→ Activity:
Can you quote the records below in full, word for word?

→ Provided data:
######

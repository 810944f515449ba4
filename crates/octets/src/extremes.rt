// The larger and the smaller of two numbers. Kept: two functions, since each is one call of the library, as a generic one would be too.
ghost use Rattle.std.specs.Prelude.{◌≡◌};
ghost use Rattle.octets.specs.Extremes.{larger_of, smaller_of};

pub fn larger(a: i16, b: i16) -> i16
    ensures { result ≡ larger_of a b }
{
    a.max(b)
}

pub fn smaller(a: i16, b: i16) -> i16
    ensures { result ≡ smaller_of a b }
{
    a.min(b)
}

######

→ Task output:
repository 810944f515449ba4
filename crates/octets/src/extremes.rt
// The larger and the smaller of two numbers. Kept: two functions, since each is one call of the library, as a generic one would be too.
ghost use Rattle.std.specs.Prelude.{◌≡◌};
ghost use Rattle.octets.specs.Extremes.{larger_of, smaller_of};

pub fn larger(a: i16, b: i16) -> i16
    ensures { result ≡ larger_of a b }
{
    a.max(b)
}

pub fn smaller(a: i16, b: i16) -> i16
    ensures { result ≡ smaller_of a b }
{
    a.min(b)
}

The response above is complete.